Engraving on 2,000-year-old knife thought to be oldest runes in Denmark

Faint inscription on small jagged knife
The 8cm iron knife, which will be displayed at Museum Odense from next month. Photograph: Rogvi N Johansen/Museum Odense

An engraving on an almost 2,000-year-old knife believed to be the oldest runes ever found in Denmark has been discovered by archaeologists.

The runic inscription – the alphabet of Denmark’s earliest written language – was etched into an 8cm iron knife found in a grave below an urn near the city of Odense on the island of Funen. The five characters, each about 0.5cm tall, followed by three grooves, spell out hirila, which means “little sword” in Old Norse.

Along with an inscribed bone comb found nearby in 1865, they are the oldest runes ever found in Denmark. Jakob Bonde, the city’s museum curator and archeologist who made the discovery, said he at first thought it was an ordinary knife, as the runes were not visible, but after it was cleaned by conservators it became clear that it contained a word.

“It’s like getting a note from beyond, from the past. It’s an extraordinary find for us and it says something about the development of the earliest Scandinavian language,” he said. “And for me personally it’s fantastic to have made this discovery.”

The inscription is believed to refer to the knife as opposed to the owner, about whom nothing is known other than that they were probably someone with high status in society.

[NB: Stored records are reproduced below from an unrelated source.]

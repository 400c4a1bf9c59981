//! What the lines of an input are: a transcript or a schedule.
ghost use Rattle.std.specs.Prelude.{◌≡◌, ◌≢◌, ◌≤◌, ◌⊎◌, ◌+◌, [], reverse, MatchOption, MatchResult, None};
ghost use Rattle.network_model.specs.declared.event.Event.{Event};
ghost use Rattle.world_model.specs.State.{new_state};
ghost use Rattle.schedule_reading.specs.Schedule.{FaultsIn};
ghost use Rattle.schedule_reading.specs.Transcript as transcripts;
ghost use Rattle.explain_input.specs.declared.input.Input.TheVariants as inputs;
ghost use Rattle.explain_input.specs.Input.{nothing, lines_in, run_in, is_first_refused, BeginsSchedule, Happens};
ghost use Rattle.explain_input.specs.Input.{Takes, Enters, Faults, IsFound, FaultsAtEnd};
ghost use Rattle.explain_input.specs.Inner.Refused.{IsNoneOf};

use crate::schedule::Scheduled;
use exchange_check::Verdict;
use network_model::Event;
use schedule_lines::{Line, TranscriptLine};
use schedule_reading::{Judged, TaskFault, Transcript, read_entry};
use std::alloc::Global;

/// What an input is, where it is whole.
#[derive(Clone, Copy, Debug, PartialEq, Eq)]
pub enum FoundInput {
    /// A transcript, with this verdict.
    Transcript(Verdict),
    /// A schedule of so many events, which all happen.
    Schedule(u64),
}

/// What the lines of an input are so far. Nodes alone are a transcript; where the first event has no record of what came
/// of it, the input is a schedule from there on.
#[derive(Drop)]
pub enum Input {
    /// A transcript, whose reports are judged.
    Transcript(Transcript),
    /// A schedule, whose events happen.
    Schedule(Scheduled),
}

/// A line that was taken.
#[derive(Drop)]
pub struct Taken {
    /// What a line of a transcript is; none of a schedule.
    pub entry: Option<TranscriptLine>,
    /// The report of the line with what it is judged to be; none where it has none.
    pub judged: Option<Judged>,
}

impl Taken {
    /// A line of a schedule, which has no report.
    fn nothing() -> Taken
        ensures { (result.entry ≡ None) × (result.judged ≡ None) }
    {
        Taken {
            entry: None,
            judged: None,
        }
    }
}

impl Input {
    /// No line was read.
    pub fn new(alloc: Global) -> Input
        ensures { result ≡ nothing }
    {
        Input::Transcript(Transcript::new(alloc))
    }

    /// Takes one more line, given without its end. Answers what it is, and the report of the line with what it is judged to
    /// be; none where the line has no report.
    ///
    /// Refused with `Json` (805) for a line that is no JSON; `Field` (806) for one that is neither a node nor an event, a
    /// node after an event, a recorded event whose number isn't its place among the events, from 0, or one of the other
    /// kind than the events before; `World` (807) where the nodes are no network, or an event of a schedule can't happen
    /// in it; and `Memory` (808). The input is then as it was.
    pub fn take(&mut self, alloc: Global, line: &[u8]) -> Result<Taken, TaskFault>
        ensures { MatchResult result
            (λ taken. Takes line.now self.old self.new taken.judged × Enters taken.entry self.old self.new)
            (λ fault. (self.new ≡ self.old) × Faults fault self.old line.now) }
    {
        match self {
            Input::Transcript(transcript) => match take_line(transcript, line) {
                Ok(taken) => Ok(taken),
                Err(TaskFault::Memory) => Err(TaskFault::Memory),
                Err(fault) => self.begin(alloc, line, fault),
            },
            Input::Schedule(scheduled) => {
                scheduled.take(alloc, line)?;
                Ok(Taken::nothing())
            }
        }
    }

    /// Takes a line that is none of a transcript, for this reason, where a schedule begins with it. That needs room, which a line of
    /// a transcript is spared.
    fn begin(&mut self, alloc: Global, line: &[u8], fault: TaskFault) -> Result<Taken, TaskFault>
        requires { IsNoneOf fault self.old line.now }
        ensures { MatchResult result
            (λ taken. Takes line.now self.old self.new taken.judged × Enters taken.entry self.old self.new)
            (λ fault. (self.new ≡ self.old) × Faults fault self.old line.now) }
    {
        let Input::Transcript(transcript) = self else {
            return Err(fault);
        };
        match begun(alloc, transcript, line) {
            Ok(Some(scheduled)) => {
                *self = Input::Schedule(scheduled);
                Ok(Taken::nothing())
            }
            Ok(None) => Err(fault),
            Err(fault) => Err(fault),
        }
    }

    /// Whether the event of this number, counted from 0, gave the first report that is refused. No event of a schedule did.
    pub fn is_first_refused(&self, event: u64) -> bool
        ensures { result ≡ is_first_refused event self.now }
    {
        match self {
            Input::Transcript(transcript) => match transcript.verdict() {
                Ok(Verdict::Refused { line, .. }) => line == event,
                _ => false,
            },
            Input::Schedule(_) => false,
        }
    }

    /// The number of the next line, counted from 1. More lines than can be counted are refused as want of memory (808).
    pub fn next_line(&self) -> Result<u64, TaskFault>
        ensures { MatchResult result
            (λ line. line ≡ lines_in self.now + 1)
            (λ fault. (fault ≡ TaskFault.Memory) × (18446744073709551615 ≤ lines_in self.now)) }
    {
        let (nodes, events) = match self {
            Input::Transcript(transcript) => (transcript.nodes(), transcript.events()),
            Input::Schedule(scheduled) => (scheduled.nodes(), scheduled.len()),
        };
        let lines = nodes.checked_add(events).ok_or(TaskFault::Memory)?;
        lines.checked_add(1).ok_or(TaskFault::Memory)
    }

    /// The events of a schedule so far, the oldest first; none of a transcript.
    pub fn events(&self) -> &[Event]
        ensures { reverse result.now ≡ run_in self.now }
    {
        match self {
            Input::Transcript(_) => &[],
            Input::Schedule(scheduled) => scheduled.events(),
        }
    }

    /// What the whole input is. Refused where there was no event: with `World` (807) if the nodes are no network, and with
    /// `Memory` (808).
    pub fn found(&self) -> Result<FoundInput, TaskFault>
        ensures { MatchResult result
            (λ found. IsFound self.now found)
            (λ fault. FaultsAtEnd fault self.now) }
    {
        match self {
            Input::Transcript(transcript) => Ok(FoundInput::Transcript(transcript.verdict()?)),
            Input::Schedule(scheduled) => Ok(FoundInput::Schedule(scheduled.len())),
        }
    }
}

/// One more line of a transcript.
fn take_line(transcript: &mut Transcript, line: &[u8]) -> Result<Taken, TaskFault>
    ensures { MatchResult result
        (λ taken. transcripts.Takes line.now transcript.old transcript.new taken.judged
        × Enters taken.entry (inputs.Transcript transcript.old) (inputs.Transcript transcript.new))
        (λ fault. (transcript.new ≡ transcript.old)
        × transcripts.FaultsInTranscript fault transcript.old.nodes transcript.old.lines line.now) }
{
    let entry = transcript.read(line)?;
    let judged = transcript.take_entry(&entry)?;
    Ok(Taken {
        entry: Some(entry),
        judged,
    })
}

/// The schedule that begins with this line, where no event stands before it and it is an event without what came of it.
fn begun(
    alloc: Global,
    transcript: &Transcript,
    line: &[u8],
) -> Result<Option<Scheduled>, TaskFault>
    ensures { MatchResult result
        (λ begun. MatchOption begun
        ((event : Event) → BeginsSchedule line.now transcript.now event → ⊥)
        (λ scheduled. (event : Event) × BeginsSchedule line.now transcript.now event
        × Happens event (new_state transcript.now.nodes) scheduled))
        (λ fault. (fault ≢ TaskFault.Write) × ((fault ≡ TaskFault.Memory)
        ⊎ ((event : Event) × BeginsSchedule line.now transcript.now event
        × FaultsIn fault transcript.now.nodes [] line.now))) }
{
    let Some(nodes) = transcript.nodes_alone() else {
        return Ok(None);
    };
    let event = match read_entry(alloc, line) {
        Ok(Line::Event(event)) => event,
        Err(TaskFault::Memory) => return Err(TaskFault::Memory),
        _ => return Ok(None),
    };
    Ok(Some(Scheduled::begin(alloc, nodes, event)?))
}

Jakob Bonde holds the knife in the palm of his hand
Jakob Bonde: ‘It’s like getting a note from beyond, from the past.’ Photograph: Jakob Bond/Museum Odense

Bonde said such people were highly influenced by Romans.

“We are in a period of time where we in Denmark had a lot of connection with the Romans and the ones who were high[ly] placed in society tried to look Roman, so to speak, by importing things and making a Roman display of themselves. Everything Roman was very in.”

The knife, which will go on display at Museum Odense in Møntergaarden from 2 February, will be shown alongside other artefacts found at the site.

It is believed to be 800 years older than the Jelling stones in Jutland, which include one erected by King Harald Bluetooth in about 965 in memory of his parents. The stone’s inscription, often referred to as “Denmark’s birth certificate”, describes Harald’s achievements and contains Scandinavia’s oldest image of Christ.

Lisbeth Imer, a runologist from the National Museum of Denmark, said the discovery could help to reveal more about Danish history.

“It is incredibly rare for us to find runes that are as old as those on this knife, and it offers a unique opportunity for us to gain more knowledge about Denmark’s earliest written language – and thereby about the language actually spoken during the iron age,” she said.

“During that period of history, proficiency in reading and writing was not particularly widespread, which means that to be able to read and write was connected to both special status and power.

“In the early days of runic history, those able to write constituted a small intellectual elite, and the first traces of such people is to be found on Funen.”